Eric Wong <normalperson@xxxxxxxx> · Wed, 5 Dec 2007 00:54:52 -0800

David Voit <david.voit@xxxxxxxxx> wrote:
> Ollie Wild <aaw <at> google.com> writes:
> 
> > 
> > Hi,
> > 
> > I've been using git-svn to mirror the gcc repository at
> > svn://gcc.gnu.org/svn/gcc.  Recently, I noticed that my .git directory
> > is consuming 11GB of disk space.  Digging further, I discovered that
> > 9.8GB of this is attributable to the .git/svn directory (which
> > includes 200 branches and 2,588 tags).  Given that my .git/objects
> > directory is 652MB, it seems that it ought to be possible to store
> > this information in a more compact form.
> > 
> > I'm curious if other developers have run into this issue.  If so, are
> > there any proposals / plans for improving the storage of git-svn
> > metadata?
> > 
> > Thanks,
> > Ollie
> > 
> 
> Hi all,
> 
> I've seen the same effect, so i tried to reduce the size of the revdb and made a
> new format:
> First, in the bin files the sha1 are stored as hexvalues not as ascii, this
> reduces the a single sha1 from 41 bytes to 20.
> Second, only save the non-zero commits, thats what the idx are used for.
> A idx file has three 32bit integers per entry.
> The first integer represents the first zero svn revision, the second the last
> zero revision and the last integer is the position of the next non-zero revision
> in the bin.
> 
> Example:
> Revision 0-373006 are zero revision and 373007 is the first actualy used revision
> and 373008-373623 are again zero revisions
> the idx has the following content:
> 0 373006 0
> 373007 373007 1
> 
> and the bin only saves
> 59037b8043268c9ca0d87ba86519ed0b5358c8a1
> eef3f7e25993a46e3c4242aa502d93e909b08c57

I'd very much like rev_db to be smaller, but I find the idea of the data
relying on a separate index too fragile and difficult to recover
from if corruption occurs (mainly for --no-metadata users).

The rev_db is simply a lookup for mapping SVN revision numbers to
git commit SHA1s.

I have an idea for a more compact .rev_db format:

  All records are 24 bytes:
    4 bytes for a 32-bit integer representing the SVN revision
    20 bytes for the git commit SHA1

  rev_db is an append-only format, so the 32-bit integer will be
  monotonically increasing over time, which allows:

  Lookups by revision number done via binary search:

  Which means empty revisions never need to be entered anymore.

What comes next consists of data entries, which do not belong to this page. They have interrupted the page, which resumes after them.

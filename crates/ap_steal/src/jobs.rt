//! What the workers start with.

ghost use Rattle.std.specs.Prelude.{◌≡◌, ℕ, true, [], ◌∷◌, All, ◌<◌, ◌≤◌, map, reverse, vec_len, IfOk};
ghost use Rattle.atomic_table.specs.Seated.{TableId};
ghost use Rattle.ap_tools.specs.Planned.{IsNewSeat};
ghost use Rattle.ap_tools.specs.Hands.{IsFreshTools, AreFreshTools};

use ap_defs::memory::Memory;
use ap_tools::tools::Tools;
use ap_tools::{Owner, Placed, Seat, Shape, Thief, tasks};
use std::alloc::Global;
use std::collections::VecDeque;

/// A seat at the shared book, and a worker's tools.
#[derive(Drop)]
pub struct Job<W: Shape> {
    pub seat: Seat,
    pub tools: Tools<W>,
}

/// Tools with an empty hand and no thieves.
fn bare<W: Shape>(alloc: Global, number: u32, alone: bool, own: Owner<W>) -> Tools<W>
    ensures { (result.number ≡ number) × (result.alone ≡ alone) × (result.hand.items ≡ [])
        × (result.own ≡ own) }
{
    Tools {
        number,
        count: 0,
        narrow: 0,
        alone,
        own,
        others: Vec::new(alloc),
        at: 0,
        hand: VecDeque::new(alloc),
    }
}

/// Tools for one worker alone, with the empty path in its hand.
pub fn lone_tools<W: Shape>(alloc: Global) -> Result<Tools<W>, Memory>
    ensures { IfOk result (λ t. (t.alone ≡ true) × (t.hand.items ≡ [] ∷ [])) }
{
    let (own, thief) = tasks(alloc)?;
    drop(thief);
    let mut tools = bare(alloc, 0, true, own);
    tools.hand.push_back(Placed::root(alloc))?;
    Ok(tools)
}

/// Tools of a worker of this number, and a thief of its deque.
fn fresh_tools<W: Shape>(alloc: Global, number: u32) -> Result<(Tools<W>, Thief<W>), Memory>
    ensures { IfOk result (λ t. IsFreshTools number t.0) }
{
    let (own, thief) = tasks(alloc)?;
    let mut tools = bare(alloc, number, false, own);
    if number == 0 {
        tools.hand.push_back(Placed::root(alloc))?;
    }
    Ok((tools, thief))
}

/// Tools for each of the workers, of which the first has the empty path in its hand.
pub fn make_tools<W: Shape>(alloc: Global, workers: u32) -> Result<Vec<Tools<W>>, Memory>
    requires { workers ≤ 64 }
    ensures len { IfOk result (λ v. vec_len v ≡ workers) }
    ensures fresh { IfOk result (λ v. AreFreshTools 0 v.items) }
{
    let mut all = Vec::with_capacity(alloc, workers as usize)?;
    let mut thieves = Vec::with_capacity(alloc, workers as usize)?;
    for number in 0..workers {
        let (tools, thief) = fresh_tools(alloc, number)?;
        all.push(tools)?;
        thieves.push(thief)?;
    }
    give_all(alloc, all, thieves)
}

/// Parts of each thief for the other workers.
fn give_all<W: Shape>(
    alloc: Global,
    mut all: Vec<Tools<W>>,
    mut thieves: Vec<Thief<W>>,
) -> Result<Vec<Tools<W>>, Memory>
    requires { AreFreshTools 0 all.items }
    ensures len { IfOk result (λ v. vec_len v ≡ vec_len all) }
    ensures fresh { IfOk result (λ v. AreFreshTools 0 v.items) }
{
    while let Some(thief) = thieves.pop() {
        let number = thieves.len();
        all = give(alloc, all, thief, number)?;
    }
    Ok(all)
}

/// One more thief for one of the workers.
fn add_at<W: Shape>(all: &mut Vec<Tools<W>>, at: usize, thief: Thief<W>) -> Result<(), Memory>
    requires { at < vec_len all.old }
    ensures len { vec_len all.new ≡ vec_len all.old }
    ensures fresh { AreFreshTools 0 all.old.items → AreFreshTools 0 all.new.items }
{
    all[at].add(thief)
}

/// A part of the thief for each of the workers but this one, as far as there are parts.
fn give<W: Shape>(
    alloc: Global,
    mut all: Vec<Tools<W>>,
    mut thief: Thief<W>,
    number: usize,
) -> Result<Vec<Tools<W>>, Memory>
    requires { AreFreshTools 0 all.items }
    ensures len { IfOk result (λ v. vec_len v ≡ vec_len all) }
    ensures fresh { IfOk result (λ v. AreFreshTools 0 v.items) }
{
    for i in 0..all.len() {
        if i != number && thief.parts() > 1 {
            let part = thief.split(alloc)?;
            add_at(&mut all, i, part)?;
        }
    }
    Ok(all)
}

/// The jobs in the other order.
pub fn turned<W: Shape>(mut jobs: Vec<Job<W>>) -> Vec<Job<W>>
    ensures order { result.items ≡ reverse jobs.items }
    ensures len { vec_len result ≡ vec_len jobs }
    ensures new { (book : TableId) → All (λ j. IsNewSeat book j.seat) jobs.items →
        All (λ j. IsNewSeat book j.seat) result.items }
{
    jobs.reverse();
    jobs
}

/// A job for each seat, the last one first.
pub fn make_jobs<W: Shape>(
    alloc: Global,
    mut seats: Vec<Seat>,
    mut tools: Vec<Tools<W>>,
) -> Result<Vec<Job<W>>, Memory>
    requires { vec_len seats ≡ vec_len tools }
    ensures len { IfOk result (λ v. vec_len v ≡ vec_len seats) }
    ensures tools { IfOk result (λ v. map (λ j. j.tools) v.items ≡ reverse tools.items) }
    ensures new { (book : TableId) → All (λ s. IsNewSeat book s) seats.items →
        IfOk result (λ v. All (λ j. IsNewSeat book j.seat) v.items) }
{
    let mut jobs = Vec::with_capacity(alloc, seats.len())?;
    while let Some(seat) = seats.pop() {
        let Some(one) = tools.pop() else {
            unreachable!()
        };
        jobs.push(Job { seat, tools: one })?;
    }
    Ok(jobs)
}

Of course there needs to be a migration strategy for existing
repositories (mainly the ones using --no-metadata), too.

Users not using --no-metadata (nor the option for svk metadata) can just
remove their .rev_db* files and git-svn will automatically recreate them
as needed.

> The format currently used produce a 373624*41bytes large file.
> 
> Used on a git-svn clone here, i get:
> The results are:
> old:
> 1,1G    hadoop (1004M   svn/)
> new:
> 47M     hadoop (5,9M    svn/)

Very nice reduction!

> Here a example sourcecode to test this idea:
> 
> I try to integrate this in git-svn this week.
> 
> NOTE: I'm not a perl hacker, so use at your own risk.
> 
> Bye David
> ps.: I'm not a member of this list please reply directly to me.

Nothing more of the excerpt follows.